== EXERCISE DESCRIPTION ==
Your response should consist solely of the lines from the one containing "given twice (DuplicateName)." through the final line of the entries, repeated exactly.
--- ENTRIES PROVIDED ---
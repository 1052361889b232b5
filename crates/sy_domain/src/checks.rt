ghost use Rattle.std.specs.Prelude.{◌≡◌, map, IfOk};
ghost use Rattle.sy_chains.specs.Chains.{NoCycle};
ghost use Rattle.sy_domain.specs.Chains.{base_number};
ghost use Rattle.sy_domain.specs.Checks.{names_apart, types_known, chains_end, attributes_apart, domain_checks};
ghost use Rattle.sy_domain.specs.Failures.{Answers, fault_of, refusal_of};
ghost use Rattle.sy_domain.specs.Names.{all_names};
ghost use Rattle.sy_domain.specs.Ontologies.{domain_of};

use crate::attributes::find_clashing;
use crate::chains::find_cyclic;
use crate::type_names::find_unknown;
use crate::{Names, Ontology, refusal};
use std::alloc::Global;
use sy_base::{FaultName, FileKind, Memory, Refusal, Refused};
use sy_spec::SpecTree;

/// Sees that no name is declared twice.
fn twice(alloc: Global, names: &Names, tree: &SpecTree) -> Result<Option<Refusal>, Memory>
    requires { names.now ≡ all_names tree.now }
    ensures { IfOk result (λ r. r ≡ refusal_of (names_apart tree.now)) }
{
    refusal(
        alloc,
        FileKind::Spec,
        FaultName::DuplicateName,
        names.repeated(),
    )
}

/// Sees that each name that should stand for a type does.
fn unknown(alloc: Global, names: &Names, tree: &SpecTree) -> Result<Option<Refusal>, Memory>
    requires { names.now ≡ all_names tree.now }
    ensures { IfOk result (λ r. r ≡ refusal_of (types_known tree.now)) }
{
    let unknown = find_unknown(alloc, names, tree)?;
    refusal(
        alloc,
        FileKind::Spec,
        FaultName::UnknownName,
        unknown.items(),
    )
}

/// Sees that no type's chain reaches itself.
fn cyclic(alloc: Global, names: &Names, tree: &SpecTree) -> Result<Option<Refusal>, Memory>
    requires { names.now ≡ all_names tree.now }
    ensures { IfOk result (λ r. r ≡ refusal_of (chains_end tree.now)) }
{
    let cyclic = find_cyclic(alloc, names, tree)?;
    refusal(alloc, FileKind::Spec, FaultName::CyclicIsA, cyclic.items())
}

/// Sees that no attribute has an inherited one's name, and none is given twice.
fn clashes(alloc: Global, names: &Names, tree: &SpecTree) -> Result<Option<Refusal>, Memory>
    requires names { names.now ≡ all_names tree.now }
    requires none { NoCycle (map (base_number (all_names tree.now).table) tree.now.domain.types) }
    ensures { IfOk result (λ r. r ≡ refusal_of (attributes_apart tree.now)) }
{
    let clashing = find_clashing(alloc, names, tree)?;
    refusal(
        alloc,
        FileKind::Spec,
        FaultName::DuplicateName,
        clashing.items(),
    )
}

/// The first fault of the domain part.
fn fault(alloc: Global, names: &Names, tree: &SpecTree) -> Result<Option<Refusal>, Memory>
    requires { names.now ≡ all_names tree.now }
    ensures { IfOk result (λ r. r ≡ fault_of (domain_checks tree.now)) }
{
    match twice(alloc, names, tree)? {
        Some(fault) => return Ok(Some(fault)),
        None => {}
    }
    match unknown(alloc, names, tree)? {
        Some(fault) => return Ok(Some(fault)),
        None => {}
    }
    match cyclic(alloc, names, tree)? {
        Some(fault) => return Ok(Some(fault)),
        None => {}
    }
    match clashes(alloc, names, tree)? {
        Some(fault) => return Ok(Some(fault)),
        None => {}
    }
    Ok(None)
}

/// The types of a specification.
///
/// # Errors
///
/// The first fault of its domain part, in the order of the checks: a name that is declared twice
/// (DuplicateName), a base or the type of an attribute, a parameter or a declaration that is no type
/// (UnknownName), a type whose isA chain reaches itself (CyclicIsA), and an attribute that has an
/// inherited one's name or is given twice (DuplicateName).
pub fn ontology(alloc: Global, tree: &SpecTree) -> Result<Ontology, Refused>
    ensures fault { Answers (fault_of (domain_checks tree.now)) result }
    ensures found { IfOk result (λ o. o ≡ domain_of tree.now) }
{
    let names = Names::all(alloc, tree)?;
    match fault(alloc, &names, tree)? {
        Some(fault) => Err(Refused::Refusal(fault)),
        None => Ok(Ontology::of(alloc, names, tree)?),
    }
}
---
== EXPECTED OUTPUT ==
/// inherited one's name or is given twice (DuplicateName).
pub fn ontology(alloc: Global, tree: &SpecTree) -> Result<Ontology, Refused>
    ensures fault { Answers (fault_of (domain_checks tree.now)) result }
    ensures found { IfOk result (λ o. o ≡ domain_of tree.now) }
{
    let names = Names::all(alloc, tree)?;
    match fault(alloc, &names, tree)? {
        Some(fault) => Err(Refused::Refusal(fault)),
        None => Ok(Ontology::of(alloc, names, tree)?),
    }
}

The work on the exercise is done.